漫才哲学師(非国家資格)による小説と哲学書の書評ならびに試小説。新連載「失われし時を求めて」

承前:根津権現裏:藤沢清造:新潮文庫

2011-08-16 10:40:15 | 西村賢太

新潮文庫で350ページ足らず、160ページまで読んだ。以下順不同でいく。

私は根津神社の氏子ではないがほぼこの小説の活動範囲と一致する。だから旧町名も目に懐かしく感じるのだ。しかし、藤沢氏は町の叙景が得意ではないようだ。あるいはそんなことは重きをおかないのかもしれない。

一体に自分になじみのあるところだと、今の街並みが一変していればいるだけ、ああその昔はこうだったんだという感慨が浮かぶし、昔と全然変わっていないところだとそれはそれで懐かしく感じるものだ。そういう情緒はこの小説からは触発されない。しかし、白山、巣鴨行きの都電、なんて懐かしいな。

さて、キーワードは、少女趣味の現代用語を使うのをお許しいただくが、性欲、病魔、貧困である。執拗に、いささか単調にくどく繰り返される通奏低音である。文章は読みにくい。一気に読んだなんて人もいるようだが、つっかえてしまう。だがある種の力はある。

 二:珍妙なる比喩 200ページ通過

 読みにくさの原因は比喩の不適切さと、かつその異常な多さが大きな原因である。
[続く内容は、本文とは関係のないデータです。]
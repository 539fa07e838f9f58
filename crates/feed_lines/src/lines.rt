//! The lines of a track, each of which is put with one put.

ghost use Rattle.std.specs.Prelude.{◌≡◌, [], ◌∷◌, ◌++◌, codes, IfOk, OnOk, OnErr, string_bytes};
ghost use Rattle.std.specs.Fmt.{decimal, signed_decimal};
ghost use Rattle.event_text.specs.Words.{bool_text, words};
ghost use Rattle.script_run.specs.Keeps.{AreFailuresTold};
ghost use Rattle.script_run.specs.Writes.{IsWritten, IsFrontWritten};
ghost use Rattle.feed_lines.specs.Lines.{answer_text, end_line, frame_line, none_line, size_text, wanted_line};

use decoder_feed::FeedNext;
use itoa::Buffer;
use mse_base::Ticks;
use mse_outside::Sink;
use script_run::{Halt, put_bytes};
use std::alloc::{AllocError, Global};
use track_store::Stored;

/// The bytes for which a line has room when it is begun: more than most lines have.
const LINE_ROOM: usize = 160;

/// Appends what stands before a time, and the time in ticks.
fn push_time(text: &mut String, before: &str, t: Ticks) -> Result<(), AllocError>
    ensures { OnOk result (string_bytes text.new
        ≡ string_bytes text.old ++ (before.now ++ signed_decimal t)) }
{
    text.push_str(before)?;
    text.push_str(Buffer::new().format(t.get()))
}

/// Appends the words with which a group's line begins, up to the time.
fn push_begin(text: &mut String, id: u32, at: Ticks) -> Result<(), AllocError>
    ensures { OnOk result (string_bytes text.new ≡ string_bytes text.old
        ++ (codes "feed 0 " ++ (decimal id ++ (codes " at " ++ signed_decimal at)))) }
{
    text.push_str("feed 0 ")?;
    text.push_str(Buffer::new().format(id))?;
    push_time(text, " at ", at)
}

fn none_line(alloc: Global, id: u32, at: Ticks) -> Result<String, AllocError>
    ensures { IfOk result (λ line. string_bytes line ≡ none_line id at) }
{
    let mut line = String::with_capacity(alloc, LINE_ROOM)?;
    push_begin(&mut line, id, at)?;
    line.push_str(" none\n")?;
    Ok(line)
}

fn wanted_line(alloc: Global, id: u32, at: Ticks, serial: u64) -> Result<String, AllocError>
    ensures { IfOk result (λ line. string_bytes line ≡ wanted_line id at serial) }
{
    let mut line = String::with_capacity(alloc, LINE_ROOM)?;
    push_begin(&mut line, id, at)?;
    line.push_str(" wanted ")?;
    line.push_str(Buffer::new().format(serial))?;
    line.push_str("\n")?;
    Ok(line)
}

/// The words behind the number of a frame's bytes.
fn sync_words(sync: bool) -> &'static str
    ensures { result.now ≡ codes " sync " ++ (bool_text sync ++ 10 ∷ []) }
{
    if sync {
        " sync true\n"
    } else {
        " sync false\n"
    }
}

/// Appends how many bytes a frame has, and whether it is a random access point.
fn push_size(text: &mut String, stored: &Stored) -> Result<(), AllocError>
    ensures { OnOk result (string_bytes text.new ≡ string_bytes text.old ++ size_text stored.now) }
{
    let bytes = stored.frame.payload.len();
    let sync = stored.frame.sync;
    text.push_str("bytes ")?;
    text.push_str(Buffer::new().format(bytes))?;
    text.push_str(sync_words(sync))
}

/// Appends when a frame is presented and decoded, and how long it lasts, in ticks.
fn push_times(text: &mut String, stored: &Stored) -> Result<(), AllocError>
    ensures { OnOk result (string_bytes text.new ≡ string_bytes text.old
        ++ words (codes "pts" ∷ signed_decimal stored.now.frame.pts
        ∷ codes "dts" ∷ signed_decimal stored.now.frame.dts
        ∷ codes "dur" ∷ signed_decimal stored.now.frame.dur ∷ [])) }
{
    push_time(text, "pts ", stored.frame.pts)?;
    push_time(text, " dts ", stored.frame.dts)?;
    push_time(text, " dur ", stored.frame.dur)
}

/// Appends the line of a frame.
fn push_frame(text: &mut String, stored: &Stored) -> Result<(), AllocError>
    ensures { OnOk result (string_bytes text.new ≡ string_bytes text.old ++ frame_line stored.now) }
{
    let serial = stored.serial;
    text.push_str("frame ")?;
    text.push_str(Buffer::new().format(serial))?;
    text.push_str(" ")?;
    push_times(text, stored)?;
    text.push_str(" ")?;
    push_size(text, stored)
}

fn frame_line(alloc: Global, stored: &Stored) -> Result<String, AllocError>
    ensures { IfOk result (λ line. string_bytes line ≡ frame_line stored.now) }
{
    let mut line = String::with_capacity(alloc, LINE_ROOM)?;
    push_frame(&mut line, stored)?;
    Ok(line)
}

fn answer_word(answer: FeedNext) -> &'static str
    ensures { result.now ≡ answer_text answer }
{
    match answer {
        FeedNext::Frame(_) => "Frame",
        FeedNext::Idle => "Idle",
        FeedNext::Wait => "Wait",
        FeedNext::Lost => "Lost",
        FeedNext::GroupEnd => "GroupEnd",
    }
}

fn end_line(alloc: Global, answer: FeedNext) -> Result<String, AllocError>
    ensures { IfOk result (λ line. string_bytes line ≡ end_line answer) }
{
    let answer = answer_word(answer);
    let mut line = String::with_capacity(alloc, LINE_ROOM)?;
    line.push_str("end ")?;
    line.push_str(answer)?;
    line.push_str("\n")?;
    Ok(line)
}

/// Puts the line that says that no frame of the track `id` is shown at the time `at`, in ticks.
///
/// An `Err` is a failed put or want of memory; then a front of the line was written.
pub fn put_none<K: Sink>(alloc: Global, sink: &mut K, id: u32, at: Ticks) -> Result<(), Halt>
    ensures ok { OnOk result (IsWritten (none_line id at ∷ []) (K.written sink.old)
        (K.written sink.new)) }
    ensures err { OnErr result (IsFrontWritten (none_line id at ∷ []) (K.written sink.old)
        (K.written sink.new)) }
    ensures puts { AreFailuresTold Halt.Write (K.faults sink.old) (K.faults sink.new) result }
{
    match none_line(alloc, id, at) {
        Ok(line) => put_bytes(sink, line.as_bytes()),
        Err(_) => Err(Halt::Memory),
    }
}

/// Puts the line that says that the frame of this serial of the track `id` is shown at the time `at`,
/// in ticks.
///
/// An `Err` is a failed put or want of memory; then a front of the line was written.
pub fn put_wanted<K: Sink>(
    alloc: Global,
    sink: &mut K,
    id: u32,
    at: Ticks,
    serial: u64,
) -> Result<(), Halt>
    ensures ok { OnOk result (IsWritten (wanted_line id at serial ∷ []) (K.written sink.old)
        (K.written sink.new)) }
    ensures err { OnErr result (IsFrontWritten (wanted_line id at serial ∷ []) (K.written sink.old)
        (K.written sink.new)) }
    ensures puts { AreFailuresTold Halt.Write (K.faults sink.old) (K.faults sink.new) result }
{
    match wanted_line(alloc, id, at, serial) {
        Ok(line) => put_bytes(sink, line.as_bytes()),
        Err(_) => Err(Halt::Memory),
    }
}

/// Puts the line of a frame that is given to the decoder.
///
/// An `Err` is a failed put or want of memory; then a front of the line was written.
pub fn put_frame<K: Sink>(alloc: Global, sink: &mut K, stored: &Stored) -> Result<(), Halt>
    ensures ok { OnOk result (IsWritten (frame_line stored.now ∷ []) (K.written sink.old)
        (K.written sink.new)) }
    ensures err { OnErr result (IsFrontWritten (frame_line stored.now ∷ []) (K.written sink.old)
        (K.written sink.new)) }
    ensures puts { AreFailuresTold Halt.Write (K.faults sink.old) (K.faults sink.new) result }
{
    match frame_line(alloc, stored) {
        Ok(line) => put_bytes(sink, line.as_bytes()),
        Err(_) => Err(Halt::Memory),
    }
}

/// Puts the line that says why no more frames are given.
///
/// An `Err` is a failed put or want of memory; then a front of the line was written.
pub fn put_end<K: Sink>(alloc: Global, sink: &mut K, answer: FeedNext) -> Result<(), Halt>
    ensures ok { OnOk result (IsWritten (end_line answer ∷ []) (K.written sink.old)
        (K.written sink.new)) }
    ensures err { OnErr result (IsFrontWritten (end_line answer ∷ []) (K.written sink.old)
        (K.written sink.new)) }
    ensures puts { AreFailuresTold Halt.Write (K.faults sink.old) (K.faults sink.new) result }
{
    match end_line(alloc, answer) {
        Ok(line) => put_bytes(sink, line.as_bytes()),
        Err(_) => Err(Halt::Memory),
    }
}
他にもあるがこれが一番分かりやすい。平凡な比喩、さりげない比喩、これはいくら連発してもよろしい。これに抵抗を感じるのは野暮天、田舎者である。適切に比喩を刻んでいけば絶妙なテンポが生まれる。講談、軍記物などがそれであり、紋切り型の比喩的修飾句のオンパレードである。

自分のオリジナリティのある比喩じゃなきゃ嫌だと言う人もいる。そういう時にはよほどタイミングをはかって満を持して放たなければならない。老人の屁のようにのべつ幕なしにやっていてもしょうがない。一ページの間に十も二十もやっていてはその神経を疑う。

そして何よりも重要なのはセンスである。比喩ほど文体でセンスの差が感得されるものはない。だれにも分からない失笑物の比喩を連発してもはじまらない。

 西村賢太氏には申し上げにくいが、根津権現裏は狂的に比喩が多く、そのほとんどが意味不明、センスゼロである。

 西村氏に対する評価はもちろん根津権現裏を読んだからと言って変わらない。彼自身が告白しているように藤沢清造の作品が衝撃を与えたのは事実だろう。どこがどう与えたかは詮索考究する気もないが、半年前の記憶では西村氏は比喩に関しては私の上記の批判には該当しない。

三:引き延ばし方法

所詮自分のことを書いている分には、日記と同じだから長くは書けないし、そのうちに種切れになる。個人が破天荒な経験をするなどという機会は非常に少ない。ましてその人に文才があるとか小説家になりたい場合で、と限定されると皆無に近くなるだろう。

私小説の分野は不案内(特に不案内といったほうが正直かな)であるが、私小説で長編なんて非常に少ないんじゃないか。志賀直哉は私小説作家の分類に入るらしいが、彼の唯一の長編が暗夜行路だろう。それも完成までにやたらと年月がかかっている。

「私小説」を長編化する道の一つが心理描写の多用であろう。根津権現裏がこれにあたる。藤沢清造は雑誌の編集などをしたというが、心理学の雑誌にも関係したと言うし、また通俗解説本か専門書かしらないが、心理学の翻訳(の下請け)もしたという。根津権現裏でも友人の岡田とともにそのような仕事をしている話が出てくる。

この小説でもくどいほどの心理的な「説明」だ。それがわけのわからない先に述べた比喩によって長々と修飾されている。これによって「長編化」がなりたっている。しかし、私小説の心理描写化という方向はどうなのかな。